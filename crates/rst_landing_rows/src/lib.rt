//! Rows of landing: where patterns lead pairs of states of small circuits.
#![tactic(auto)]

mod asks;
mod circuits;
mod fronts;
#[cfg(test)]
mod patterns;
mod spelled;
#[cfg(test)]
mod words;
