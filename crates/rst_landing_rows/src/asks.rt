// What landing answers about a circuit beside itself.
ghost use Rattle.std.specs.Prelude.{◌≡◌, ℕ, true, false, slice_index_or, IsTrue, IfOk};
ghost use Rattle.rst_pair.specs.declared.query.Query.TheVariants.{Split};
ghost use Rattle.rst_pair.specs.Sides.{AreSides};
ghost use Rattle.rst_pose.specs.Posing.{IsPosable};
ghost use Rattle.rst_pose.specs.Works.{HasNoCase};

use rst_gate::{Gates, Pattern, Sequence};
use rst_landing::{Landing, lands};
use rst_outside::NoMemory;
use rst_pair::{Front, Pair, Query};
use rst_pose::{is_posable, pose};
use rst_solve::{Answer, solve};
use std::alloc::Global;

/// An answer, with its number of entries, and of Outside the number of the cube, the first bits of
/// both states, and the first input bit of the filling's cycles.
#[derive(Clone, Copy, Debug)]
pub(crate) enum Told {
    Inside(usize),
    Outside(u32, [bool; 2], [bool; 2], [bool; 2]),
    Spent(usize),
    /// The front or the pattern doesn't fit the circuit, a register is marked, or a pair splits.
    Unasked,
}

fn are_sides(pair: &Pair)
    ensures { AreSides pair.now }
{
    let left = pair.left;
    let right = pair.right;
    let _first = left.states;
    let _second = right.states;
}

// Whether no bit is set.
fn are_clear(marks: &[bool]) -> bool
    ensures { IsTrue result → (i : ℕ) → slice_index_or marks.now i false ≡ true → ⊥ }
{
    for marked in marks {
        if *marked {
            return false;
        }
    }
    true
}

// Whether no register is marked.
fn is_unmarked(front: &Front) -> bool
    ensures { IsTrue result → (i : ℕ) → slice_index_or front.now.equal i false ≡ true → ⊥ }
{
    are_clear(front.equal.as_slice())
}

// Whether the solver shows that no pair splits.
fn splits_nowhere(alloc: Global, pair: &Pair, front: &Front) -> Result<bool, NoMemory>
    requires unmarked { (i : ℕ) → slice_index_or front.now.equal i false ≡ true → ⊥ }
    requires posable { IsPosable pair.now front.now Split }
    ensures { IfOk result (λ none. IsTrue none → HasNoCase pair.now front.now Split) }
{
    are_sides(pair);
    let clauses = pose(alloc, pair, front, &Query::Split)?;
    match solve(alloc, &clauses, 1000)? {
        Answer::Refuted { log: _, paths: _ } => Ok(true),
        _ => Ok(false),
    }
}

fn bit_at(bits: &[bool], i: usize) -> bool {
    i < bits.len() && bits[i]
}

fn first_bits(bits: &[bool]) -> [bool; 2] {
    [bit_at(bits, 0), bit_at(bits, 1)]
}

fn input_at(word: &Sequence, i: usize) -> bool {
    i < word.len() && bit_at(word.get(i).as_slice(), 0)
}

fn told_by(answer: &Landing) -> Told {
    match answer {
        Landing::Inside { log: _, journal } => Told::Inside(journal.len()),
        Landing::Outside {
            a,
            b,
            fill,
            cube,
            journal: _,
        } => Told::Outside(
            *cube,
            first_bits(a.as_slice()),
            first_bits(b.as_slice()),
            [input_at(fill, 0), input_at(fill, 1)],
        ),
        Landing::Spent { journal } => Told::Spent(journal.len()),
    }
}

/// What landing answers about the circuit beside itself, with so many units of work.
pub(crate) fn ask(
    alloc: Global,
    gates: &Gates,
    front: &Front,
    seq: Pattern,
    left: u32,
) -> Result<Told, NoMemory> {
    let pair = Pair {
        left: gates,
        right: gates,
    };
    let query = Query::LandFree(seq);
    if !is_unmarked(front)
        || !is_posable(&pair, front, &query)
        || !is_posable(&pair, front, &Query::Split)
    {
        return Ok(Told::Unasked);
    }
    if !splits_nowhere(alloc, &pair, front)? {
        return Ok(Told::Unasked);
    }
    match &query {
        Query::LandFree(seq) => {
            let answer = lands(alloc, &pair, seq, front, left)?;
            Ok(told_by(&answer))
        }
        _ => Ok(Told::Unasked),
    }
}
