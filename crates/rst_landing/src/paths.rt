// The paths of a search as entries of a journal.
ghost use Rattle.std.specs.Prelude.{◌≡◌, IfOk};
ghost use Rattle.rst_landing.specs.Work.{land_conflicts};

use rst_gate::Cube;
use rst_outside::NoMemory;
use rst_pair::{Entry, Journal, Kind};
use std::alloc::Global;

// A conflict of landing for each path, in order.
pub(crate) fn conflicts(alloc: Global, paths: Vec<Cube>) -> Result<Journal, NoMemory>
    ensures { IfOk result (λ journal. journal ≡ land_conflicts paths.items) }
{
    let mut journal = Journal::new(alloc);
    for path in paths {
        journal.push(Entry::Conflict(Kind::Land, path))?;
    }
    Ok(journal)
}
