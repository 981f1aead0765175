//! Whether a pattern of inputs leads some pair of power-up states into a blocked cube of a front.
#![tactic(auto)]

mod answer;
mod asking;
mod model;
mod paths;

pub use answer::Landing;
pub use asking::lands;
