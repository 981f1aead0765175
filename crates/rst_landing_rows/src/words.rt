// The words of the chain's hops.
use crate::circuits::chain;
use crate::fronts::of_chain;
use crate::spelled::word_at;
use rst_gate::Sequence;
use rst_outside::NoMemory;
use rst_pair::Pair;
use std::alloc::Global;
use std::test::Fail;

// Whether the word has these inputs.
fn is(word: &Option<Sequence>, inputs: &[bool]) -> bool {
    match word {
        Some(word) => {
            if word.len() != inputs.len() {
                return false;
            }
            for i in 0..inputs.len() {
                if i >= word.len() || word.get(i).as_slice() != &inputs[i..i + 1] {
                    return false;
                }
            }
            true
        }
        None => false,
    }
}

fn has(alloc: Global, place: usize, inputs: &[bool]) -> Result<bool, NoMemory> {
    let gates = chain(alloc)?;
    let front = of_chain(alloc)?;
    let pair = Pair {
        left: &gates,
        right: &gates,
    };
    let word = word_at(alloc, &pair, &front, place)?;
    Ok(is(&word, inputs))
}

#[test]
fn words_follow_the_next_hops(rt: HostRuntime) -> Result<(), Fail> {
    let alloc = rt.alloc();
    assert!(rt; has(alloc, 0, &[false])?);
    assert!(rt; has(alloc, 1, &[false])?);
    assert!(rt; has(alloc, 2, &[true, false])?);
    assert!(rt; has(alloc, 3, &[true, false])?);
    Ok(())
}
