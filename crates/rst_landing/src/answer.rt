use rst_clause::Log;
use rst_gate::{Bits, Sequence};
use rst_pair::Journal;

/// Where a pattern leads the pairs of power-up states, with the work of the search.
#[derive(Debug, Drop)]
pub enum Landing {
    /// No pair lands in a blocked cube: a log that refutes the posed query.
    Inside {
        log: Log,
        journal: Journal,
    },
    /// Behind this filling of the pattern, the pair of the left state `a` and the right state `b` lies
    /// in the blocked cube of this number, counted from 0, and in none before it.
    Outside {
        a: Bits,
        b: Bits,
        fill: Sequence,
        cube: u32,
        journal: Journal,
    },
    /// As many units of work as were allowed.
    Spent {
        journal: Journal,
    },
}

- - - - -

▶ [TO DO] Copy each line of the listing above that includes the word "search".

▶ [ANSWER SECTION]
// The paths of a search as entries of a journal.
/// Where a pattern leads the pairs of power-up states, with the work of the search.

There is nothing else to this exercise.